Much as I loved playing "Assassin's Creed: Brotherhood" - so much so that I am currently replaying it (but also 'cos I had to delete my profile and lost all my save games!) - but there is one bit when you have to catch Lucretia Borgia and carry her somewhere that I just loathed.

It's clumsy, boring and so, so, so frustrating but not in a good "well at least I'm progressing" way! That I think is as close to hating a game, or a bit of a game, than I have ever experienced!


----------



## gentlegreen (Oct 21, 2011)

All of them.

I used to tolerate one game of Scrabble per year - back when I actually used to see my family over the Xmas hostilities ..

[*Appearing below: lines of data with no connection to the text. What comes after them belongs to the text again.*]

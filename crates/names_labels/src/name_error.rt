//! Why octets are no name.

use names_wire::label::{LabelTypeError, SplitLabelError};
use thiserror::Error;

/// Why octets are not the wire form of an absolute name.
#[derive(Clone, Copy, Debug, PartialEq, Eq, Error)]
pub enum NameError {
    /// A first octet of a kind that begins no label.
    #[error("{0}")]
    BadLabel(LabelTypeError),
    /// A pointer, which only a message can hold.
    #[error("compressed domain name")]
    CompressedName,
    /// More than 255 octets.
    #[error("long domain name")]
    LongName,
    /// The root's octet is missing.
    #[error("relative domain name")]
    RelativeName,
    /// Octets behind the root's.
    #[error("trailing data")]
    TrailingData,
    /// The octets end inside a label, or there are none.
    #[error("unexpected end of input")]
    ShortInput,
}

impl From<SplitLabelError> for NameError {
    ghost use Rattle.std.specs.Prelude.{◌≡◌};
    ghost use Rattle.names_labels.specs.Refused.{of_split};

    ghost from_gives = { λ e n. n ≡ of_split e };

    fn from(error: SplitLabelError) -> NameError {
        match error {
            SplitLabelError::Pointer(_) => NameError::CompressedName,
            SplitLabelError::BadType(kind) => NameError::BadLabel(kind),
            SplitLabelError::ShortInput => NameError::ShortInput,
        }
    }
}

impl From<LabelTypeError> for NameError {
    ghost use Rattle.std.specs.Prelude.{◌≡◌};
    ghost use Rattle.names_labels.specs.declared.name_error.NameError.TheVariants.{BadLabel};

    ghost from_gives = { λ e n. n ≡ BadLabel e };

    fn from(kind: LabelTypeError) -> NameError {
        NameError::BadLabel(kind)
    }
}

Soduko, may, however be the overall winner.


----------



## no-no (Oct 21, 2011)

Resident Evil, every version I've ever played. Control system - shit. Camera angles - shit. Voiceovers - shit. Ammo - not enough.


----------



## Orang Utan (Oct 21, 2011)

Mario Kart - boring boring boring.
In fact, most Mario games and other platform coin-collecting games.
Most fighting, driving and war games.

BTW Resident Evil 4 is one of my favourite ever games. I must have played it through about a dozen times.


----------



## no-no (Oct 21, 2011)

I confess to having never played number 4, is it vastly different to the earlier titles?


----------



## Maurice Picarda (Oct 21, 2011)

Athletics games, which once involved frenzied joystick waggling in the hope that it would gee a badly animated Daley Thompson along the track, but now means doing something silly and painful with a wiimote to persuade Mario to throw a discus properly. They all suck.


----------



## Maurice Picarda (Oct 21, 2011)

And anyone who is tired of collecting coins from platforms is tired of life itself. To Zurich with you, Orang Utan.


----------



## DotCommunist (Oct 21, 2011)

I've never had any time for football games. Not sensible soccer, not any fifa etc.

ditto basketball games.


----------



## Corax (Oct 21, 2011)

Love

_*tongue firmly in cheek*_


----------



## Orang Utan (Oct 21, 2011)

no-no said:


> I confess to having never played number 4, is it vastly different to the earlier titles?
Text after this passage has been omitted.